### Your assignment
Check every line of the data and copy the ones where "crates" appears.

### Data for this exercise
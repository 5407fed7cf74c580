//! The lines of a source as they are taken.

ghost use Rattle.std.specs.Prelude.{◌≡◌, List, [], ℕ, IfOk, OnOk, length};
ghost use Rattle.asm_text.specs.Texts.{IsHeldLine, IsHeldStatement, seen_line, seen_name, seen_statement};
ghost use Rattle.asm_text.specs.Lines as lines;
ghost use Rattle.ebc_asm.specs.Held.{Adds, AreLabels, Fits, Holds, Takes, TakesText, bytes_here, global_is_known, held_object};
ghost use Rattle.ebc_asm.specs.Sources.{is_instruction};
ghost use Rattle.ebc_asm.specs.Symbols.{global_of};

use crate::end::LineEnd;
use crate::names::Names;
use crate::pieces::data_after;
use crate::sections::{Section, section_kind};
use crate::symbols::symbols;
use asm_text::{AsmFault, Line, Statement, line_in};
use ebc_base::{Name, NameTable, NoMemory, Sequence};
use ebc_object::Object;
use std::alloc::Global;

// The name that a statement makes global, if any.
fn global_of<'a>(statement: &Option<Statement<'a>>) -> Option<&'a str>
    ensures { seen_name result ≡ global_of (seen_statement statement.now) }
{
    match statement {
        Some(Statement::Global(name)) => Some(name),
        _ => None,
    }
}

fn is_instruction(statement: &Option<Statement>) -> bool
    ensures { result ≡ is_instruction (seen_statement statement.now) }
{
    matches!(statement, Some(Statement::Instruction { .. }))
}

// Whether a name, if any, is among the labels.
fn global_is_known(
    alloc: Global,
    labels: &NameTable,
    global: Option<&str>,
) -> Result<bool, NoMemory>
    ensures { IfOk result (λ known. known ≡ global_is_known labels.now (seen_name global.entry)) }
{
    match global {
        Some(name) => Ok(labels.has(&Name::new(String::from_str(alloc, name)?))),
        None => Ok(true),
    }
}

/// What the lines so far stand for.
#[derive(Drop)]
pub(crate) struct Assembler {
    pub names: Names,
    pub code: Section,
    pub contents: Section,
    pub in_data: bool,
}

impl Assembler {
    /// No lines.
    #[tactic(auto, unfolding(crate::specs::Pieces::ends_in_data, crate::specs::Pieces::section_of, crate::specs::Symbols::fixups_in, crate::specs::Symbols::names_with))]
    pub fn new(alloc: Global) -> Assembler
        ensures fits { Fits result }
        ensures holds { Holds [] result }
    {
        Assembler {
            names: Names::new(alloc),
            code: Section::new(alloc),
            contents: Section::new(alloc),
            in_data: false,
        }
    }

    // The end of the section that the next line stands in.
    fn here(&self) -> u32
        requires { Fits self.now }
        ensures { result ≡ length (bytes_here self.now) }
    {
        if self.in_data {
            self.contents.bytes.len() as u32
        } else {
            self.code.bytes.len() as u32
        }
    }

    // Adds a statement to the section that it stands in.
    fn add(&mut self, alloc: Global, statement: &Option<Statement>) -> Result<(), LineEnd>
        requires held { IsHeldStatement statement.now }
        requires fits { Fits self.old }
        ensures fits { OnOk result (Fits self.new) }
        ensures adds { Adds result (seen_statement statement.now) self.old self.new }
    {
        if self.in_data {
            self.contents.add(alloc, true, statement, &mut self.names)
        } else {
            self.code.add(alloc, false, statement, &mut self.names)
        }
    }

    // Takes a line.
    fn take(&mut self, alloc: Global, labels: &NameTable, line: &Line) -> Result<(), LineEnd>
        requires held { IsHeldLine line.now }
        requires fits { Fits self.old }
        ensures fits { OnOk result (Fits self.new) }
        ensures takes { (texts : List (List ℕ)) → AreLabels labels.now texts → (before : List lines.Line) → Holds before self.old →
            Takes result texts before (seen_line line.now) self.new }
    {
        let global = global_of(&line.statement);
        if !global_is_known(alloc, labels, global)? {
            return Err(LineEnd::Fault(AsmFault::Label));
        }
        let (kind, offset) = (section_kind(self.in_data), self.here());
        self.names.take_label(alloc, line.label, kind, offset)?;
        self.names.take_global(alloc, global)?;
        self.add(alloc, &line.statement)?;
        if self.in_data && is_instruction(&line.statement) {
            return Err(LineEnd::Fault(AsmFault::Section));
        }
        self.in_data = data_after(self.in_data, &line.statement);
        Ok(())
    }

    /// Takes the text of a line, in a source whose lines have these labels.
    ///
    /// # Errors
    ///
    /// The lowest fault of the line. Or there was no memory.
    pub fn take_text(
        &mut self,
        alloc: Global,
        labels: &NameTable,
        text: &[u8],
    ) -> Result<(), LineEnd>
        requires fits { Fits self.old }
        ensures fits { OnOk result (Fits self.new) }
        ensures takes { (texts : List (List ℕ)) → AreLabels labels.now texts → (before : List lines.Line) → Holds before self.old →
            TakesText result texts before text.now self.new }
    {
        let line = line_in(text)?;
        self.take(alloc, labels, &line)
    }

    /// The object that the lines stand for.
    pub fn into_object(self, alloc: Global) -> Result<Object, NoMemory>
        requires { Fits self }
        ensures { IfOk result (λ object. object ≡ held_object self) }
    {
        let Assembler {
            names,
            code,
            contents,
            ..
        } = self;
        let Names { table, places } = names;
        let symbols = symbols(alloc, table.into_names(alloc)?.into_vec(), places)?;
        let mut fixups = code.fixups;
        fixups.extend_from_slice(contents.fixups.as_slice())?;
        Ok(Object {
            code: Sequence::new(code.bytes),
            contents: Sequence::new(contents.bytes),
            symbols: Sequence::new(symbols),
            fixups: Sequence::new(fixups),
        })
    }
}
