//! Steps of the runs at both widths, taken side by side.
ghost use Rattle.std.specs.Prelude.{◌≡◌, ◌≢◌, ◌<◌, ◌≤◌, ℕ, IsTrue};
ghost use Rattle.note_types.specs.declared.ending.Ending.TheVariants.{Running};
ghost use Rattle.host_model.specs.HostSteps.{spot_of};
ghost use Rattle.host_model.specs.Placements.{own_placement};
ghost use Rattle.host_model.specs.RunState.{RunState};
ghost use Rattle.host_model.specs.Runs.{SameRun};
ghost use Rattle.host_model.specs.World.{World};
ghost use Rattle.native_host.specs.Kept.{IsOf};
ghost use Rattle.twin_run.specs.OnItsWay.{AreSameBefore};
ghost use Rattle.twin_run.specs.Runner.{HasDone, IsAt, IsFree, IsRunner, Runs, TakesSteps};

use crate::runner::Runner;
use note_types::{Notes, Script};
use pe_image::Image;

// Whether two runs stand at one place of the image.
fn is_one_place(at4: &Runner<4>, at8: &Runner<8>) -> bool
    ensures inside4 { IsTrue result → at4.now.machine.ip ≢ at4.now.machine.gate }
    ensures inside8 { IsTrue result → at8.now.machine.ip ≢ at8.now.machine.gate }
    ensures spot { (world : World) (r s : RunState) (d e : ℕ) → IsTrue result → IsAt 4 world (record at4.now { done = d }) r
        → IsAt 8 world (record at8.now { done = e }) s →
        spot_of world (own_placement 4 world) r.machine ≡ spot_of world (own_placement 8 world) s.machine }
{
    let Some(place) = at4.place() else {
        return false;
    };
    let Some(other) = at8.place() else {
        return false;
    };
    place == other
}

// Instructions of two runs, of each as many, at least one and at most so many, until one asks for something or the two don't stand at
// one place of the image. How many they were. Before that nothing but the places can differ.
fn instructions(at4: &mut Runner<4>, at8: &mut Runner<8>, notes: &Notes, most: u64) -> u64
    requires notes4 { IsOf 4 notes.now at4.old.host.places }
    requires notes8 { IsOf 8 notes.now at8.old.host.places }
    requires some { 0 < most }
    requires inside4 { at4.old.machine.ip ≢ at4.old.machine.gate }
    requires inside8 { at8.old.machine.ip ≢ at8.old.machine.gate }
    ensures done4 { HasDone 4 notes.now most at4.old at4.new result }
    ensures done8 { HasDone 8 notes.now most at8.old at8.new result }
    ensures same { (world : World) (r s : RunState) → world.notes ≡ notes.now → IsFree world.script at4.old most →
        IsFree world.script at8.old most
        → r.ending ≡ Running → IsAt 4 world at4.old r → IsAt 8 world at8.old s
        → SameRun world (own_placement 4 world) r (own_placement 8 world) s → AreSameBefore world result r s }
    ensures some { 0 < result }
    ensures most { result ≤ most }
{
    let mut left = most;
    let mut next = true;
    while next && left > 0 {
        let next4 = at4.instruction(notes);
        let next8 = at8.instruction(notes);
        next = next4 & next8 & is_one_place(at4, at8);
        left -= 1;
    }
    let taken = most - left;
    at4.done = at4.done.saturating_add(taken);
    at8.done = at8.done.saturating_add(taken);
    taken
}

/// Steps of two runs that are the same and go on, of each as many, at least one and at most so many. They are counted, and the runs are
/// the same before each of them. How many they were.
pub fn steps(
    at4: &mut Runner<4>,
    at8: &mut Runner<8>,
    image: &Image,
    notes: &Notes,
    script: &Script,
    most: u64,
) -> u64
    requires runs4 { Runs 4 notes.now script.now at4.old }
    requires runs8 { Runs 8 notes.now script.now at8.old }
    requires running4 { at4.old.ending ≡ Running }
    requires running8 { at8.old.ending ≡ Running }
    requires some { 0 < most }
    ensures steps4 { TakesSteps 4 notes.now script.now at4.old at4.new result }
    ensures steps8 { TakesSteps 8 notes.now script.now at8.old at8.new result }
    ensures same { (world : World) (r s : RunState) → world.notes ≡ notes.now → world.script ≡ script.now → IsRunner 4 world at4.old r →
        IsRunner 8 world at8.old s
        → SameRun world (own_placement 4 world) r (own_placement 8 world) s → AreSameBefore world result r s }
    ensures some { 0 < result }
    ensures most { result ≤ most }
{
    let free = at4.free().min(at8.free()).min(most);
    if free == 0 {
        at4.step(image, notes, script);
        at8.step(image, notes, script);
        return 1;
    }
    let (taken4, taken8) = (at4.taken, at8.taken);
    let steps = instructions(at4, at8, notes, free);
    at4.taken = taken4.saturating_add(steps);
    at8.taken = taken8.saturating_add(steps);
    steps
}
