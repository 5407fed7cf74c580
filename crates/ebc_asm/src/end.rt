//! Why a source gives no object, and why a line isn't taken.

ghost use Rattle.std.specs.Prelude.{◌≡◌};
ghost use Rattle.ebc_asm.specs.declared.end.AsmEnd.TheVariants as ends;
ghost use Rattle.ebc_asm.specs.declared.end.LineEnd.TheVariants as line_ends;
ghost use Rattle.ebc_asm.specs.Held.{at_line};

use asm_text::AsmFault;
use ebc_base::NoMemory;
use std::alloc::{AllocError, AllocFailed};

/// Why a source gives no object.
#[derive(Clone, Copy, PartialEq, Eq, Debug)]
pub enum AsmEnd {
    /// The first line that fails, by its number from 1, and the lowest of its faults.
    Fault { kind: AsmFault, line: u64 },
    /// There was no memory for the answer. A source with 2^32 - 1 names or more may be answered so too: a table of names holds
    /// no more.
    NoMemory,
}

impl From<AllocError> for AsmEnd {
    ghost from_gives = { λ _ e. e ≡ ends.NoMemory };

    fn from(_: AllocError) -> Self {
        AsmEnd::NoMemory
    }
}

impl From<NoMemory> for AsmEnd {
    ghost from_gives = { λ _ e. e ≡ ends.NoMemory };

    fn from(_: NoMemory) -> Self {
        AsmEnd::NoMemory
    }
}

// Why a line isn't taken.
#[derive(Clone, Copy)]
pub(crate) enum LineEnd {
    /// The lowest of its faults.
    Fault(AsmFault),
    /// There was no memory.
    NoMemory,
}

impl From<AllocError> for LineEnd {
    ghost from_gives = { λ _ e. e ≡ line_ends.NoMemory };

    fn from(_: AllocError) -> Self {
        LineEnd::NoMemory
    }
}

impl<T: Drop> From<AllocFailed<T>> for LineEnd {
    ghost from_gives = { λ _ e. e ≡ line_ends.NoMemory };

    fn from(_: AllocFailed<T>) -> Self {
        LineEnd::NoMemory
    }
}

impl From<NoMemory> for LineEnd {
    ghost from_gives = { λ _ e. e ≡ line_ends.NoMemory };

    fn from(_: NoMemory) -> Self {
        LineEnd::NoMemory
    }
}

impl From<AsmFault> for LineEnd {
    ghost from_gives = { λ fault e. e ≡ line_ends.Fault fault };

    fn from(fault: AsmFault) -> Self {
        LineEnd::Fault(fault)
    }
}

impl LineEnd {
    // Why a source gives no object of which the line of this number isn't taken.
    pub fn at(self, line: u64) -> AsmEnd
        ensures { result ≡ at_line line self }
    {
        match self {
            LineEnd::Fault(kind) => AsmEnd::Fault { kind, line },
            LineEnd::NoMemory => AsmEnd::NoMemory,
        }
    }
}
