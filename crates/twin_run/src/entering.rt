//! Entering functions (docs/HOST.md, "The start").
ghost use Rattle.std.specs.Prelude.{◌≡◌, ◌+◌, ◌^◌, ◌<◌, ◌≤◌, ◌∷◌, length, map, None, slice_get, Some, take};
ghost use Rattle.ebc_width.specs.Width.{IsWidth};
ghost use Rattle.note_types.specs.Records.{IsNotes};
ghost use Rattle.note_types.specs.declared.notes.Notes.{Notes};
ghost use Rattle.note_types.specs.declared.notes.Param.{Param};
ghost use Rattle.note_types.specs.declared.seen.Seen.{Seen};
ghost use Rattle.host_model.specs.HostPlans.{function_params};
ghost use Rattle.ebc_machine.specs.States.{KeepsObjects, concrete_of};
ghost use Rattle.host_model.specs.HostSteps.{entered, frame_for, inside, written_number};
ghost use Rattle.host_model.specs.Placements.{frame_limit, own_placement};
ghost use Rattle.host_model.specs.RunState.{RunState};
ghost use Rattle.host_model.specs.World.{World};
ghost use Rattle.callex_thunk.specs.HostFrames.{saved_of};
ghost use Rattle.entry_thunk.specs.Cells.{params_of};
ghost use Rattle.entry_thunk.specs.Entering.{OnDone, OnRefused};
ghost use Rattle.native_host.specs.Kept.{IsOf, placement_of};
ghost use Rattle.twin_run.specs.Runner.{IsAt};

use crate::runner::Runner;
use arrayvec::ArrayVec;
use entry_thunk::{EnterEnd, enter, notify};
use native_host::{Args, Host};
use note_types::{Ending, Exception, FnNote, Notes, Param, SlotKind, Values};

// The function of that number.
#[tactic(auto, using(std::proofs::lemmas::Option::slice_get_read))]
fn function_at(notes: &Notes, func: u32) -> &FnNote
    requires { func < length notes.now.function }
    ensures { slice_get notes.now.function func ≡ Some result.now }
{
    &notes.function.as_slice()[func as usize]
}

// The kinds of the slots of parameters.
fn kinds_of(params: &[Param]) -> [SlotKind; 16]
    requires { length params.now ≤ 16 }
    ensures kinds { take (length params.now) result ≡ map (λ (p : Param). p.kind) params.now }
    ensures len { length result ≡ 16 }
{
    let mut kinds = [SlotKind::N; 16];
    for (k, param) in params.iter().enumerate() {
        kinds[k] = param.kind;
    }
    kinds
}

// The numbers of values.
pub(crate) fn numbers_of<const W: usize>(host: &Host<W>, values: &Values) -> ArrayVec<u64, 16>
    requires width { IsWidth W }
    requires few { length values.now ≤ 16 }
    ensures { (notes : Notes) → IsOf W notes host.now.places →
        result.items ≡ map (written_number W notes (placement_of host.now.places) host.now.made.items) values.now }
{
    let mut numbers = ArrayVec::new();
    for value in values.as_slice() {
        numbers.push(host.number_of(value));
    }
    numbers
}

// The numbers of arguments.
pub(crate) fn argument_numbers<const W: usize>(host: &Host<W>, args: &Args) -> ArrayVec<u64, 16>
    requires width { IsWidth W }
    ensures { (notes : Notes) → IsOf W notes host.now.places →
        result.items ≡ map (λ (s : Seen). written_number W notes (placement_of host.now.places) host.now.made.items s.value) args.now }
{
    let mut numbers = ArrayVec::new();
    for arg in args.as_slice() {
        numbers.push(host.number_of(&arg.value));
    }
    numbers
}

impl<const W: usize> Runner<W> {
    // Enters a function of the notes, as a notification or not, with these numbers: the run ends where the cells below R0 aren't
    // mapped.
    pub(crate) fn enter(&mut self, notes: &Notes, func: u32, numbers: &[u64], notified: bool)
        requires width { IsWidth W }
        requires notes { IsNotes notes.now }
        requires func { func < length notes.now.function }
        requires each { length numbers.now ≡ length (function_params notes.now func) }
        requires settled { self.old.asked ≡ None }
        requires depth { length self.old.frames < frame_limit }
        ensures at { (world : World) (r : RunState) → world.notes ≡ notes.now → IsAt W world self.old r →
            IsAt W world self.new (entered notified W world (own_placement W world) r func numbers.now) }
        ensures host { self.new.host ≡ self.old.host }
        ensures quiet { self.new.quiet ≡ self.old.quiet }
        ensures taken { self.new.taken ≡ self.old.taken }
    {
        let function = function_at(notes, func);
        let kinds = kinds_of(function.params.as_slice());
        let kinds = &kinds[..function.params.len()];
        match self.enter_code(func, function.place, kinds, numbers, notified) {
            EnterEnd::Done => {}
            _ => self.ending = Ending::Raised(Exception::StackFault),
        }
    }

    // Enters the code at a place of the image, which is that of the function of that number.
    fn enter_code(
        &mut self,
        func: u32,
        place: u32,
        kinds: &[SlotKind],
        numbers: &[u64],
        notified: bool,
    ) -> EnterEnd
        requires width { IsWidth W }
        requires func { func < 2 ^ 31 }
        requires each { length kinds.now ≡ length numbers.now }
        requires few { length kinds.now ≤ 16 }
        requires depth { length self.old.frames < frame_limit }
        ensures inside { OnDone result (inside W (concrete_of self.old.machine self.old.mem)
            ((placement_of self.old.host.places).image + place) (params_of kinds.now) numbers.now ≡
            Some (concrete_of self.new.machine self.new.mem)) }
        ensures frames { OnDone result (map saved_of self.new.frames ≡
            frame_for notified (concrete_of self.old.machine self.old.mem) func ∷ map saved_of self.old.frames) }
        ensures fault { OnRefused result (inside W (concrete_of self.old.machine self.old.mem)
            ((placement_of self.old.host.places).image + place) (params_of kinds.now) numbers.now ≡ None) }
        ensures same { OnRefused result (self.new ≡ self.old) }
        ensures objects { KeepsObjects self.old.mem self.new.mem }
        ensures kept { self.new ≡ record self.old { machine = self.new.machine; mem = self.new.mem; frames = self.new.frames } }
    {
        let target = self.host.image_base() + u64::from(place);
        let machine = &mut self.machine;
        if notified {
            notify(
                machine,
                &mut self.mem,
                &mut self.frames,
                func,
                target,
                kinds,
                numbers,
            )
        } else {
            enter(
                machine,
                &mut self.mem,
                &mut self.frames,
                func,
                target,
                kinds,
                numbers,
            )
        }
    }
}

### Task output
filename crates/ebc_asm/src/end.rt
filename crates/twin_run/src/entering.rt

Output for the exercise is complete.